▶ [TASK GOAL]:
Copy exactly the lines of the data below that run from the line holding "results_lawful (plan_of_job job)" through the line holding "pub struct JobBy<'a, E: Executor>", both ends included.

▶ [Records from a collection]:
——————

//! The pieces of an input as a work for a pool.

ghost use Rattle.std.specs.Prelude.{◌≡◌, ◌≤◌, ◌<◌, ◌+◌, min, All, length, ◌^◌, ◌-◌};
ghost use Rattle.std.proofs.Props.{props};
ghost use Rattle.tables.specs.Pieces.{piece_at};
ghost use Rattle.semantics.specs.Limits.{input_limit};

use crate::partial::Partial;
use group_tables::Executor;
use lines::Piece;
use pool::Work;
use query_plan::Plan;
use std::alloc::{AllocError, Global};

/// The pieces of an input under a plan, each by its index: what a pool makes one result of.
///
/// A piece past the last one has no bytes. The weight of a result is the number of its refused
/// lines, and its load the number of its lines.
///
/// Example: of a job over two pieces, `pool::alone(&job, 2, 0)` answers
/// `Ok(Outcome::Whole(partial))` where no line of theirs is refused, and `Ok(Outcome::Over)` where
/// one is, unless memory runs out.
#[derive(Drop)]
pub struct Job<'a> {
    alloc: Global,
    plan: &'a Plan,
    input: &'a [u8],
    pieces: &'a [Piece],
    ghost short: { length input.now < input_limit },
    ghost ordered: { All (λ piece. piece.start ≤ piece.stop) pieces.now } by { Prim.hlevel props },
    ghost within: { All (λ piece. piece.stop ≤ length input.now)
        pieces.now } by { Prim.hlevel props },
}

impl<'a> Job<'a> {
    ghost use Rattle.tables.specs.Jobs.{input_of_job, pieces_of_job, plan_of_job};

    /// The job of a plan over the pieces of an input, whose starts and stops are counted in bytes,
    /// from 0. It takes no memory; the results take theirs from `alloc`.
    ///
    /// The input has fewer than 2^63 bytes. No piece starts behind its stop, and none stops behind
    /// the end of the input; so it is with the pieces that `cut` gives.
    ///
    /// Example: where `pieces` are those of `cut(alloc, input, 1_048_576)?`,
    /// `Job::new(alloc, &plan, input, pieces.as_slice())` is the job over the whole input.
    pub fn new(alloc: Global, plan: &'a Plan, input: &'a [u8], pieces: &'a [Piece]) -> Job<'a>
        requires short { length input.now < input_limit }
        requires ordered { All (λ piece. piece.start ≤ piece.stop) pieces.now }
        requires within { All (λ piece. piece.stop ≤ length input.now) pieces.now }
        ensures plan { plan_of_job result ≡ plan.now }
        ensures input { input_of_job result ≡ input.now }
        ensures pieces { pieces_of_job result ≡ pieces.now }
    {
        Job {
            alloc,
            plan,
            input,
            pieces,
        }
    }

    /// The bytes of the piece with this index, and none past the last piece.
    fn bytes(&self, index: u32) -> &[u8]
        ensures bytes { result.now ≡ (piece_at self.now.input.now self.now.pieces.now index).bytes }
        ensures short { length result.now < input_limit }
    {
        match self.pieces.get(index as usize) {
            Some(piece) => &self.input[piece.start..piece.stop],
            None => &self.input[..0],
        }
    }
}

impl<'a> Work for Job<'a> {
    ghost use Rattle.tables.specs.Jobs.{input_of_job, pieces_of_job, plan_of_job, reduction_of_job};
    ghost use Rattle.tables.specs.Laws.{results_lawful};
    ghost use Rattle.tables.specs.Pieces.{piece_at};
    ghost use Rattle.tables.specs.States.{PartialState};

    type Part = Partial;

    ghost Meaning = { PartialState };

    ghost meaning = { λ part. part };

    ghost reduction = { λ job. reduction_of_job job };

    ghost lawful = { λ job. results_lawful (plan_of_job job)
        (piece_at (input_of_job job) (pieces_of_job job)) };

    fn unit(&self) -> Result<Partial, AllocError> {
        Partial::empty(self.alloc, self.plan)
    }

    fn piece(&self, i: u32) -> Result<Partial, AllocError> {
        Partial::fold_piece(self.alloc, self.plan, i, self.bytes(i))
    }

    fn combine(&self, a: Partial, b: Partial) -> Result<Partial, AllocError> {
        a.merge(b)
    }

    fn add(&self, part: Partial, i: u32) -> Result<Partial, AllocError> {
        part.fold_onto(self.plan, i, self.bytes(i))
    }

    fn weight(&self, p: &Partial) -> u64 {
        p.refused()
    }

    fn load(&self, p: &Partial) -> u64 {
        p.lines()
    }
}

/// A job whose results are merged by an executor. Its pieces have indexes from a first one on, so
/// that they can stand behind pieces that a result has already; no index is above the greatest
/// number of 32 bits.
///
/// Example: a pool makes of `JobBy::new(job, &Parallel { rt: &rt, workers: 4, seed }, 0)` what it
/// makes of `job`.
#[derive(Drop)]
pub struct JobBy<'a, E: Executor> {
    job: Job<'a>,
    executor: &'a E,
    first: u32,
    ghost ready: { E.ready executor.now } by { E.ready_once executor.now },
}

impl<'a, E: Executor> JobBy<'a, E> {
    ghost use Rattle.tables.specs.Jobs.{first_of_job, joined_job};

    /// The job with this executor, which is ready, whose first piece has the index `first`. It
    /// takes no memory.
    ///
    /// Example: `JobBy::new(job, &Serial, 0)` is a work like `job`.
    pub fn new(job: Job<'a>, executor: &'a E, first: u32) -> JobBy<'a, E>
        requires ready { E.ready executor.now }
        ensures job { joined_job result ≡ job.entry }
        ensures first { first_of_job result ≡ first }
    {
        JobBy {
            job,
            executor,
            first,
        }
    }

    /// The index of the piece that comes so many behind the first one.
    fn index(&self, place: u32) -> u32
        ensures { result ≡ min (self.now.first + place) (2 ^ 32 - 1) }
    {
        self.first.saturating_add(place)
    }
}

impl<'a, J: Executor> Work for JobBy<'a, J> {
    ghost use Rattle.tables.specs.Jobs.{first_of_job, input_of_job, joined_job, pieces_of_job, plan_of_job, reduction_of_job_from};
    ghost use Rattle.tables.specs.Laws.{results_lawful};
    ghost use Rattle.tables.specs.Pieces.{piece_from};
    ghost use Rattle.tables.specs.States.{PartialState};

    type Part = Partial;

    ghost Meaning = { PartialState };

    ghost meaning = { λ part. part };

    ghost reduction = { λ it. reduction_of_job_from (first_of_job it) (joined_job it) };

    ghost lawful = { λ it. results_lawful (plan_of_job (joined_job it))
        (piece_from (first_of_job it) (input_of_job (joined_job it))
        (pieces_of_job (joined_job it))) };

    fn unit(&self) -> Result<Partial, AllocError> {
        Partial::empty_by(self.job.alloc, self.job.plan, self.executor)
    }

    fn piece(&self, i: u32) -> Result<Partial, AllocError> {
        Partial::fold_piece_by(
            self.job.alloc,
            self.job.plan,
            self.executor,
            self.index(i),
            self.job.bytes(i),
        )
    }

    fn combine(&self, a: Partial, b: Partial) -> Result<Partial, AllocError> {
        a.merge_by(self.executor, b)
    }

    fn add(&self, part: Partial, i: u32) -> Result<Partial, AllocError> {
        part.fold_onto(self.job.plan, self.index(i), self.job.bytes(i))
    }

    fn weight(&self, p: &Partial) -> u64 {
        self.job.weight(p)
    }

    fn load(&self, p: &Partial) -> u64 {
        self.job.load(p)
    }
}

——————

▶ [RESPONSE TO THE EXERCISE]:
    ghost lawful = { λ job. results_lawful (plan_of_job job)
        (piece_at (input_of_job job) (pieces_of_job job)) };

    fn unit(&self) -> Result<Partial, AllocError> {
        Partial::empty(self.alloc, self.plan)
    }

    fn piece(&self, i: u32) -> Result<Partial, AllocError> {
        Partial::fold_piece(self.alloc, self.plan, i, self.bytes(i))
    }

    fn combine(&self, a: Partial, b: Partial) -> Result<Partial, AllocError> {
        a.merge(b)
    }

    fn add(&self, part: Partial, i: u32) -> Result<Partial, AllocError> {
        part.fold_onto(self.plan, i, self.bytes(i))
    }

    fn weight(&self, p: &Partial) -> u64 {
        p.refused()
    }

    fn load(&self, p: &Partial) -> u64 {
        p.lines()
    }
}

/// A job whose results are merged by an executor. Its pieces have indexes from a first one on, so
/// that they can stand behind pieces that a result has already; no index is above the greatest
/// number of 32 bits.
///
/// Example: a pool makes of `JobBy::new(job, &Parallel { rt: &rt, workers: 4, seed }, 0)` what it
/// makes of `job`.
#[derive(Drop)]
pub struct JobBy<'a, E: Executor> {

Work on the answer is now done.